Sie stellte sich klar auf die eine Seite des Kontinuums, innerhalb dessen Sexualität angesiedelt ist – auf die Seite der freien Sexualität innerhalb einer passionierten Liebesbeziehung, gegen Erniedrigung und Ausbeutung, wie sie in der Prostitution und der Pornografie zu finden sind, manchmal aber auch hinter scheinbar partnerschaftlicher Sexualität konventioneller Beziehungen wie der Ehe.

Eine erziehende und einschränkende Botschaft gab mir meine Grossmutter dann doch noch mit:

«Fange mit der Sexualität nicht zu früh an. Du brauchst eine gewisse Reife, um deine Entscheidungen wirklich in deinem Sinn treffen zu können.»

Zu den Vorstellungen der Gesellschaft bezüglich der sexuellen Erziehung junger Menschen wahrte meine Grossmutter einen grossen Abstand. Aus eigener Erfahrung wusste sie, dass gesellschaftliche Normen vom Zeitgeist abhängig und demnach relativ sind. Sie erzählte lustige Anekdoten zu diesem Thema: «Als ich jung war, pflegten die Männer zu sagen, ein ‹anständiges› Mädchen müsse man spätestens um 16 Uhr im Bett haben, damit man es um 20 Uhr bei den Eltern zu Hause abliefern könne. Bei einem ‹unanständigen› Mädchen hingegen müsse man nicht drängen und könne sich Zeit lassen.»

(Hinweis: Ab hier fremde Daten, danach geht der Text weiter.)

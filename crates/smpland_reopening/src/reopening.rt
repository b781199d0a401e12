//! Reopenings under documents.
ghost use Rattle.std.specs.Prelude.{◌≡◌, ◌<◌, [], List, IfOk, IfErr, None, length, map};
ghost use Rattle.sm_placement.specs.Config.{setup_of};
ghost use Rattle.sm_placement.specs.Opening.{opened_place};
ghost use Rattle.sm_placement.specs.Setup.{Setup};
ghost use Rattle.laws_network.specs.ReopeningLaws.{no_reopening};
ghost use Rattle.sm_reopening.specs.Ongoing.{net_reopening, recorded_place, recorded_setup, shards_of};
ghost use Rattle.sm_driver.specs.Copies.{kept_copies};
ghost use Rattle.sm_driver.specs.Driver.{record_of};
ghost use Rattle.sm_driver.specs.Orders.{epoch_base};
ghost use Rattle.sm_driver.specs.Permits.{AreEarlierPermits};
ghost use Rattle.smpland_reopening.specs.Begun.{BeginsUnder, HasRecorded, IsBegun, IsNumberedGround};
ghost use Rattle.smpland_reopening.specs.Begun.{NumbersUnder};
ghost use Rattle.smpland_reopening.specs.Kept.{kept_on};
ghost use Rattle.smpland_reopening.specs.Proposal.{has_shard};

use crate::beginning::{Begun, Ground, begin_over_driver, begin_over_nothing, ground_of};
use crate::fault::ReopenFault;
use crate::kept::KeptRecord;
use crate::roles::Roles;
use crate::unknown_shard::UnknownShard;
use sm_driver::{Driver, EPOCH_STEP};
use sm_placement::{Config, Placement};
use sm_plan_text::Document;
use sm_reopening::OngoingReopening;
use sm_server::{ServerId, ShardId};
use std::alloc::Global;
use std::marker::Model;

/// The epoch that a reopening opens, in its journal.
#[derive(Clone, Copy)]
pub(crate) struct OpenedEpoch {
    pub journal: u64,
    pub epoch: u32,
}

/// A reopening under way, whose servers and shards have names. Those that are recorded keep their numbers, those of
/// reopenings that were replaced keep theirs, and the new ones of the document follow in its order.
pub struct DocumentReopening {
    pub(crate) ongoing: OngoingReopening,
    pub(crate) journal: u64,
    pub(crate) epoch: u32,
    pub(crate) document: Document,
    /// All servers and shards that have numbers. Those that the document leaves out have no room there, and want no
    /// replicas.
    pub(crate) numbering: Config,
    /// The numbers of the document's servers and shards, in the document's order.
    pub(crate) servers: Vec<ServerId>,
    pub(crate) shards: Vec<ShardId>,
    /// The document's roles.
    pub(crate) documented: Roles,
    /// The permits of the recorded servers that are down.
    pub(crate) permits: Vec<Option<u64>>,
    /// Of each recorded shard, how many copies each acknowledged write surely has; one where nothing stands.
    pub(crate) kept: Vec<u32>,
    pub(crate) unknown_shards: Vec<UnknownShard>,
    /// The placement on which the next driver opens, once a settlement is confirmed.
    pub(crate) next: Option<Placement>,
}

impl Model for DocumentReopening {
    ghost use Rattle.smpland_reopening.specs.Reopening.{IsReopening, ReopeningModel};

    ghost Value = { ReopeningModel };

    ghost view = { λ r. record { ongoing = r.ongoing; journal = r.journal; epoch = r.epoch; document = r.document; numbering = r.numbering; servers = r.servers.items; shards = r.shards.items; documented = r.documented; permits = r.permits.items; kept = r.kept.items; unknown_shards = r.unknown_shards.items; next = r.next } };

    ghost invariant = { λ r. IsReopening (record { ongoing = r.ongoing; journal = r.journal; epoch = r.epoch; document = r.document; numbering = r.numbering; servers = r.servers.items; shards = r.shards.items; documented = r.documented; permits = r.permits.items; kept = r.kept.items; unknown_shards = r.unknown_shards.items; next = r.next }) };
}

impl Drop for DocumentReopening {
    fn drop(self) {
        drop(self.into_next());
    }
}

impl DocumentReopening {
    ghost use Rattle.smpland_reopening.specs.Reopening.{IsReopening};

    /// Ends the reopening, and returns what the next driver opens with.
    pub(crate) fn into_next(self) -> Option<Placement>
        ensures next { result ≡ self.next }
        ensures is { IsReopening self }
    {
        let DocumentReopening {
            ongoing,
            journal: _,
            epoch: _,
            document,
            numbering,
            servers,
            shards,
            documented,
            permits,
            kept,
            unknown_shards,
            next,
        } = self;
        drop(ongoing);
        drop(document);
        drop(numbering);
        drop(servers);
        drop(shards);
        drop(documented);
        drop(permits);
        drop(kept);
        drop(unknown_shards);
        next
    }
}

impl DocumentReopening {
    /// The reopening that has begun under a document, with what it keeps of the record. Its fences are to be sent.
    fn new(
        alloc: Global,
        begun: Begun,
        document: Document,
        kept: KeptRecord,
        opened: OpenedEpoch,
    ) -> DocumentReopening
        requires begun { IsBegun document.config opened.epoch begun }
        requires permits { AreEarlierPermits (epoch_base opened.epoch) kept.permits.items }
        ensures ongoing { result.ongoing ≡ begun.ongoing }
        ensures numbering { result.numbering ≡ begun.ground.numbering }
        ensures journal { result.journal ≡ opened.journal }
        ensures epoch { result.epoch ≡ opened.epoch }
        ensures document { result.document ≡ document }
        ensures permits { result.permits ≡ kept.permits.items }
        ensures kept { result.kept ≡ kept.copies.items }
        ensures numbered { (numbered : Setup)
            → IsNumberedGround numbered document.config document.cells.items begun.ground
            → NumbersUnder numbered result }
        ensures next { result.next ≡ None }
    {
        let Begun { ongoing, ground } = begun;
        let KeptRecord { permits, copies } = kept;
        let Ground {
            numbering,
            servers,
            shards,
            documented,
        } = ground;
        DocumentReopening {
            ongoing,
            journal: opened.journal,
            epoch: opened.epoch,
            document,
            numbering,
            servers,
            shards,
            documented,
            permits,
            kept: copies,
            unknown_shards: Vec::new(alloc),
            next: None,
        }
    }

    /// Begins a reopening under a document over what a driver has recorded. Its fences are to be sent. If it does not
    /// begin, the document comes back.
    pub fn begin(
        alloc: Global,
        driver: &Driver,
        document: Document,
        lost: &[&str],
        epoch: u32,
    ) -> Result<DocumentReopening, (Document, ReopenFault)>
        requires { driver.now.epoch < epoch }
        ensures over { IfOk result (λ r. BeginsUnder
            (no_reopening (length driver.now.machine.placement.setup.servers))
            driver.now.machine.placement.setup document.config r.numbering
            (map (λ n. n.now) lost.now) epoch r.ongoing) }
        ensures numbered { IfOk result (λ r. NumbersUnder driver.now.machine.placement.setup r) }
        ensures recorded { IfOk result (λ r. HasRecorded driver.now.machine.placement.setup (record_of driver.now).place
            (length r.numbering.shards) r.ongoing) }
        ensures next { IfOk result (λ r. r.next ≡ None) }
        ensures permits { IfOk result (λ r. r.permits ≡ driver.now.permits) }
        ensures kept { IfOk result (λ r. r.kept ≡ kept_copies driver.now) }
        ensures journal { IfOk result (λ r. r.journal ≡ driver.now.journal) }
        ensures epoch { IfOk result (λ r. r.epoch ≡ epoch) }
        ensures document { IfOk result (λ r. r.document ≡ document) }
        ensures back { IfErr result (λ e. e.0 ≡ document) }
    {
        let journal = driver.journal();
        let opened = OpenedEpoch { journal, epoch };
        match begin_over_driver(alloc, driver, &document, lost, epoch) {
            Ok((begun, kept)) => Ok(Self::new(alloc, begun, document, kept, opened)),
            Err(fault) => Err((document, fault)),
        }
    }

    /// Begins the first reopening of a journal, over nothing that is recorded. Its fences are to be sent. If it does
    /// not begin, the document comes back.
    pub fn begin_anew(
        alloc: Global,
        document: Document,
        lost: &[&str],
        journal: u64,
        epoch: u32,
    ) -> Result<DocumentReopening, (Document, ReopenFault)>
        ensures over { IfOk result (λ r. BeginsUnder (no_reopening 0) (setup_of [] []) document.config r.numbering
            (map (λ n. n.now) lost.now) epoch r.ongoing) }
        ensures numbered { IfOk result (λ r. NumbersUnder (setup_of [] []) r) }
        ensures recorded { IfOk result (λ r. HasRecorded (setup_of [] [])
            (opened_place (record { cells = []; listed = []; down = []; limit = 0 }))
            (length r.numbering.shards) r.ongoing) }
        ensures next { IfOk result (λ r. r.next ≡ None) }
        ensures permits { IfOk result (λ r. r.permits ≡ []) }
        ensures kept { IfOk result (λ r. r.kept ≡ []) }
        ensures journal { IfOk result (λ r. r.journal ≡ journal) }
        ensures epoch { IfOk result (λ r. r.epoch ≡ epoch) }
        ensures document { IfOk result (λ r. r.document ≡ document) }
        ensures back { IfErr result (λ e. e.0 ≡ document) }
    {
        let opened = OpenedEpoch { journal, epoch };
        match begin_over_nothing(alloc, &document, lost, epoch) {
            Ok(begun) => {
                let kept = KeptRecord {
                    permits: Vec::new(alloc),
                    copies: Vec::new(alloc),
                };
                Ok(Self::new(alloc, begun, document, kept, opened))
            }
            Err(fault) => Err((document, fault)),
        }
    }

    /// Begins the reopening that replaces this one, over what is recorded here. Its fences are to be sent. If it does
    /// not begin, the document comes back.
    pub fn replace(
        &self,
        alloc: Global,
        document: Document,
        lost: &[&str],
        epoch: u32,
    ) -> Result<DocumentReopening, (Document, ReopenFault)>
        requires { self.now.epoch < epoch }
        ensures over { IfOk result (λ r. BeginsUnder
            (net_reopening self.now.ongoing) self.now.numbering document.config r.numbering
            (map (λ n. n.now) lost.now) epoch r.ongoing) }
        ensures numbered { IfOk result (λ r. NumbersUnder self.now.numbering r) }
        ensures recorded { IfOk result (λ r. HasRecorded (recorded_setup self.now.ongoing)
            (recorded_place self.now.ongoing) (length r.numbering.shards) r.ongoing) }
        ensures next { IfOk result (λ r. r.next ≡ None) }
        ensures permits { IfOk result (λ r. r.permits ≡ self.now.permits) }
        ensures kept { IfOk result (λ r. r.kept ≡ kept_on self.now) }
        ensures journal { IfOk result (λ r. r.journal ≡ self.now.journal) }
        ensures epoch { IfOk result (λ r. r.epoch ≡ epoch) }
        ensures document { IfOk result (λ r. r.document ≡ document) }
        ensures back { IfErr result (λ e. e.0 ≡ document) }
    {
        match self.replaced(alloc, &document, lost, epoch) {
            Ok((begun, kept)) => {
                let journal = self.journal;
                let opened = OpenedEpoch { journal, epoch };
                Ok(Self::new(alloc, begun, document, kept, opened))
            }
            Err(fault) => Err((document, fault)),
        }
    }

    /// Begins the reopening that replaces this one, but for its document.
    fn replaced(
        &self,
        alloc: Global,
        document: &Document,
        lost: &[&str],
        epoch: u32,
    ) -> Result<(Begun, KeptRecord), ReopenFault>
        ensures begun { IfOk result (λ b. IsBegun document.now.config epoch b.0) }
        ensures over { IfOk result (λ b. BeginsUnder
            (net_reopening self.now.ongoing) self.now.numbering document.now.config b.0.ground.numbering
            (map (λ n. n.now) lost.now) epoch b.0.ongoing) }
        ensures numbered { IfOk result (λ b. IsNumberedGround self.now.numbering document.now.config
            document.now.cells.items b.0.ground) }
        ensures recorded { IfOk result (λ b. HasRecorded (recorded_setup self.now.ongoing)
            (recorded_place self.now.ongoing) (length b.0.ground.numbering.shards) b.0.ongoing) }
        ensures permits { IfOk result (λ b. b.1.permits.items ≡ self.now.permits) }
        ensures earlier { IfOk result (λ b. AreEarlierPermits (epoch_base self.now.epoch) b.1.permits.items) }
        ensures kept { IfOk result (λ b. b.1.copies.items ≡ kept_on self.now) }
    {
        let (ground, members) = ground_of(alloc, &self.numbering, document, lost)?;
        let base = epoch as u64 * EPOCH_STEP;
        let shards = ground.numbering.shard_count();
        let ongoing = self.ongoing.replace(alloc, base, &members, shards)?;
        let kept = KeptRecord {
            permits: Vec::from_slice(alloc, &self.permits)?,
            copies: self.kept_on(alloc)?,
        };
        Ok((Begun { ongoing, ground }, kept))
    }

    /// Returns the number of the reopening, which becomes the base of all parties.
    pub fn base(&self) -> u64
        ensures { result ≡ (net_reopening self.now.ongoing).base }
    {
        self.ongoing.base()
    }

    /// Returns the journal that it belongs to.
    pub fn journal(&self) -> u64
        ensures { result ≡ self.now.journal }
    {
        self.journal
    }

    /// Returns the epoch that it opens.
    pub fn epoch(&self) -> u32
        ensures { result ≡ self.now.epoch }
    {
        self.epoch
    }

    /// The number of places that the document gives the log.
    pub fn log_room(&self) -> u32
        ensures { result ≡ self.now.document.log }
    {
        self.document.log
    }

    /// Returns the configuration of all servers and shards that have numbers.
    pub fn numbering(&self) -> &Config
        ensures numbering { result.now ≡ self.now.numbering }
        ensures shards { length self.now.numbering.shards ≡ shards_of self.now.ongoing }
    {
        &self.numbering
    }

    /// Returns the document's own configuration.
    pub fn documented(&self) -> &Config
        ensures { result.now ≡ self.now.document.config }
    {
        &self.document.config
    }

    /// Whether the document has a shard that has a number.
    pub fn has_shard(&self, shard: ShardId) -> bool
        ensures { result ≡ has_shard self.now shard }
    {
        self.shards.contains(&shard)
    }
}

Meine Grossmutter ist seit langem tot, und ihre Generation ist für unsere Zeit nicht mehr massgeblich. Die heutigen moralischen Vorstellungen und realen Möglichkeiten haben sich seit ihrer Jugend zu Beginn des 20. Jahrhunderts stark verändert.

Eine revolutionäre Veränderung brachte 1960 die Antibabypille, die es ermöglichte, das sexuelle Handeln von der potenziellen Empfängnis abzukoppeln. Sexualität war dadurch von der Fortpflanzungsfunktion weiter entfernt als je zuvor in der Geschichte der Menschheit.

Kurz darauf verabschiedete die 68er-Bewegung sich mit der Antibabypille und der politischen Opposition zum Establishment vom Ideal der monogamen ehelichen Sexualität.

Heute verbreiten die elektronischen Medien Bilder zum Thema Sexualität und Körper in einer nie dagewesenen Dichte. Werbung  – egal wofür – arbeitet mit sexueller Verführung: Sex sells! Halbbekleidete Damen in aufreizenden Posen werben für alles: ob für Autos, Schuhe, Putzmittel oder Kaugummis. Diese immerwährende mediale Präsenz sexuell aufreizender Bilder verändert das Erleben des Einzelnen auf mannigfache, oft unbewusste, schwer zu definierende Weise.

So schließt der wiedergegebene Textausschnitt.